This paper is organized as follows. The next section presents the macroeconomic model. Section III describes the data and estimation strategy of the model, and presents the estimation results. Section IV discusses the simulation exercises conducted in three scenarios, i.e. a baseline scenario, China scenario (where China’s investment growth slows down temporarily), and China and U.S. shock scenario (where, on top of the China scenario, the U.S. short-term interest rate rises permanently). In addition, more simulation exercises are conducted to examine the roles that exchange rate flexibility and dollarization can play. The final section concludes the paper.

II. A Macroeconomic Model for a Small Open and Partially Dollarized Economy

A new-Keynesian macroeconomic model for Peru is developed to analyze the macroeconomic responses in the context of a small open and partially dollarized economy. The model is based on a general equilibrium and rational expectations model developed by Salas (2010) and Berg et al. (2008), which can be characterized by a core set of behavioral equations. Since the model is relatively small compared to the traditional dynamic stochastic general equilibrium (DSGE) models and yet has a well-grounded economic interpretation (Berg et al., 2008), it has been used by the BCRP for policy making. The model has four building blocks, namely: (i) an IS curve or aggregate demand equation; (ii) an expectations-augmented Phillips Curve or aggregate supply equation; (iii) a Taylor-type monetary policy rule for the short-term interest rate; and (iv) an uncovered interest rate parity (UIP) condition. Three features of the model are worth noting. First, in the context of a small open economy, terms of trade and foreign output are included as exogenous variables in the aggregate demand equation. Second, in a partially dollarized economy, agents can take loans in U.S. dollars, thus the U.S. dollar-denominated short-term interest rate also enters the aggregate demand equation as an exogenous variable. Third, to capture the foreign exchange interventions conducted by the central bank, a backward-looking behavior in the determination of the exchange rate expectations is considered in the model.⁷

Aggregate demand. The aggregate demand or IS curve describing the dynamics of the output gap (y_t) is characterized in equation (1).

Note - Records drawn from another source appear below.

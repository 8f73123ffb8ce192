//! A cell takes another value.

ghost use Rattle.std.specs.Prelude.{◌≡◌, IsTrue, is_some, map, List, IfOk, OnOk, OnErr};
ghost use Rattle.ep_cells.specs.States.{IsOfSort, AreCells};
ghost use Rattle.ep_shared_parts.specs.Spread.{outlines, all_items, AreSpread};
ghost use Rattle.ep_shared_parts.specs.Mentions.{number_of};
ghost use Rattle.ep_shared_parts.specs.declared.parts.Part.{Part};
ghost use Rattle.ep_shared_parts.specs.declared.uses.Use.{Use};
ghost use Rattle.ep_cell_steps.specs.PartsInvariant.{AreKept};
ghost use Rattle.ep_cell_parts.specs.Valued.{valued};

use ep_cell_rows::cell::copy_cell;
use ep_cell_rows::places::is_same_cell;
use ep_cell_rows::rows::push;
use ep_cell_rows::values::{copy_value, rises};
use ep_cells::Cell;
use ep_domain::Num;
use ep_int::{Memory, Model};
use ep_shared_parts::numbers::number_at;
use ep_shared_parts::parts::{Part, parts_to};
use std::alloc::Global;
use std::rc::Rc;

fn valued<N: Num>(c: &Cell<N>, x: &Cell<N>) -> Result<Cell<N>, Memory>
    ensures { IfOk result (λ y. y ≡ valued c.now c.now.value x.now) }
{
    let mut y = copy_cell(x)?;
    if is_same_cell(x, c) {
        y.value = copy_value(&c.value)?;
    }
    Ok(y)
}

fn all_valued<N: Num>(alloc: Global, c: &Cell<N>, cells: &[Cell<N>]) -> Result<Vec<Cell<N>>, Memory>
    ensures { IfOk result (λ v. v.items ≡ map (valued c.now c.now.value) cells.now) }
{
    let mut out = Vec::with_capacity(alloc, cells.len()).map_err(|_| Memory)?;
    for x in cells {
        push(&mut out, valued(c, x)?)?;
    }
    Ok(out)
}

fn part_valued<N: Num>(
    alloc: Global,
    c: &Cell<N>,
    part: &Part<Cell<N>>,
) -> Result<Part<Cell<N>>, Memory>
    ensures start { IfOk result (λ p. p.start ≡ part.now.start) }
    ensures items { IfOk result (λ p. p.items.value.items
        ≡ map (valued c.now c.now.value) part.now.items.value.items) }
{
    let cells = all_valued(alloc, c, &part.items)?;
    Ok(Part {
        start: part.start,
        items: Rc::new(alloc, cells).map_err(|_| Memory)?,
    })
}

/// The cell of the side, place and type of `c` takes the value of `c`. Where there is no memory all cells stay.
pub fn set_value_at<N: Num>(
    alloc: Global,
    model: Model,
    parts: &mut Vec<Part<Cell<N>>>,
    c: &Cell<N>,
) -> Result<(), Memory>
    requires sort { IsOfSort c.now.what c.now.value }
    requires some { IsTrue (is_some c.now.value) }
    requires spread { AreSpread (outlines number_of parts.old.items) }
    requires cells { AreCells model (all_items parts.old.items) }
    ensures kept { (us : List (Part Use)) → AreKept model parts.old.items us → AreKept model parts.new.items us }
    ensures ok { OnOk result (all_items parts.new.items
        ≡ map (valued c.now c.now.value) (all_items parts.old.items)) }
    ensures err { OnErr result (all_items parts.new.items ≡ all_items parts.old.items) }
{
    rises(&c.value);
    let i = parts_to(parts, number_at(c.block, c.offset));
    if i == 0 {
        return Ok(());
    }
    let part = part_valued(alloc, c, &parts[i - 1])?;
    parts[i - 1] = part;
    Ok(())
}
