//! The cells of two states put together, part by part.

ghost use Rattle.std.specs.Prelude.{◌≡◌, IfOk};
ghost use Rattle.ep_cells.specs.States.{AreCells, HaveCellsAlike};
ghost use Rattle.ep_cells.specs.Both.{cells_of_both};
ghost use Rattle.ep_cell_rows.specs.Parts.{united as of_union};
ghost use Rattle.ep_shared_parts.specs.Spread.{all_items};
ghost use Rattle.ep_cell_steps.specs.PartsInvariant.{AreKept};

use ep_cell_rows::values::Union;
use ep_cell_unions::unions::parts_of_both;
use ep_cells::{Cell, join_laws};
use ep_domain::Num;
use ep_int::{Memory, Model};
use ep_shared_parts::parts::Part;
use ep_shared_parts::uses::Use;
use std::alloc::Global;

/// The parts with the other state's cells joined or widened in. Those all of whose cells stay are shared.
pub fn united<N: Num>(
    alloc: Global,
    model: Model,
    union: Union,
    parts: &[Part<Cell<N>>],
    uses: &[Part<Use>],
    others: &[Part<Cell<N>>],
) -> Result<Vec<Part<Cell<N>>>, Memory>
    requires kept { AreKept model parts.now uses.now }
    requires second { AreCells model (all_items others.now) }
    requires alike { HaveCellsAlike (all_items parts.now) (all_items others.now) }
    ensures items { IfOk result (λ v. all_items v.items
        ≡ cells_of_both (of_union N.ops union) (all_items parts.now) (all_items others.now)) }
    ensures kept { IfOk result (λ v. AreKept model v.items uses.now) }
{
    join_laws::<N>();
    let after = parts_of_both(alloc, union, parts, others)?;
    Ok(after)
}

\begin{matrix} y_{t} = a_{y} y_{t - 1} + a (β_{r} r_{t} + β_{r^{$}} r_{t}^{$}) + a_{t o t} [β_{t o t} T o T_{t} + (1 - β_{t o t}) T o T_{t - 1}] + a_{q} q_{t} + a_{y^{*}} y_{t}^{*} + ɛ_{t}^{y} & (1) \end{matrix}

In this equation, r_t is the real interest rate in local currency, and $r_{t}^{$}$ is the real interest rate in U.S. dollars. Their effects on output gap are affected by a common coefficient a_r and idiosyncratic coefficients, or weighting parameters, β_r and β_r$. ToT _t is the terms-of-trade gap, i.e. the gap of international relative prices⁸, and this captures the indirect spillover channel from China to Peru. It is assumed that both contemporaneous and lagged terms of trade could directly affect current output gap, and β_tot is the weighting parameter for current terms-of-trade gap. q_t is the gap of real effective exchange rate (REER).⁹ The external demand measured by foreign output gap, $y_{t}^{*}$ , is also considered. We assume that Peru, as a small open economy, does not affect its terms or trade or external demand. In other words, terms of trade and external demand in equation (1) are exogenous variables. Finally, the disturbance term $ε_{t}^{y}$ denotes a demand shock. Appendix 1 provides a detailed description of the data.

Expectations-augmented Phillips curve. A standard new-Keynesian aggregate supply equation or expectations-augmented Phillips curve characterizing inflation (π_t) is specified in equation (2).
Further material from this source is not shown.